//! Names of members, which are looked for first with the length of the last one at the same place.

ghost use Rattle.std.specs.Prelude.{◌<◌};
ghost use Rattle.gj_json.specs.declared.lanes.TheConstants.{LANES};

use crate::lanes::LANES;

/// The last place: members after it are counted from the first again.
const LAST: u8 = 31;

/// How many characters the names of members had last, by their place in the object. A name is looked for with that length
/// first, since objects mostly have the same names in the same order. Nothing rests on it.
#[derive(Clone, Copy)]
pub struct NameLengths {
    lengths: [u8; 32],
    /// The place of the next member.
    place: u8,
}

impl NameLengths {
    /// Before the first object.
    pub fn none() -> NameLengths {
        NameLengths {
            lengths: [0; 32],
            place: 0,
        }
    }

    /// Before the first member of an object. The members of an object in it are counted with its own.
    pub fn begin(&mut self) {
        self.place = 0;
    }

    /// How many characters the next name is expected to have, which are fewer than are looked at together.
    #[inline(always)]
    pub fn expect_next(&mut self) -> usize
        ensures { result < LANES }
    {
        let length = self.lengths[(self.place & LAST) as usize];
        self.place = self.place.wrapping_add(1);
        (length & 15) as usize
    }

    /// Notes how many characters the name has that `expect_next` was asked for last.
    pub fn note(&mut self, length: usize) {
        let place = self.place.wrapping_sub(1) & LAST;
        self.lengths[place as usize] = (length & 15) as u8;
    }
}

What the task asks: Print each line, starting with the one that contains "let length = self.lengths[(self.place" and ending with the last line of the data, exactly as it stands and with no other lines.

Exercise solution:
        let length = self.lengths[(self.place & LAST) as usize];
        self.place = self.place.wrapping_add(1);
        (length & 15) as usize
    }

    /// Notes how many characters the name has that `expect_next` was asked for last.
    pub fn note(&mut self, length: usize) {
        let place = self.place.wrapping_sub(1) & LAST;
        self.lengths[place as usize] = (length & 15) as u8;
    }
}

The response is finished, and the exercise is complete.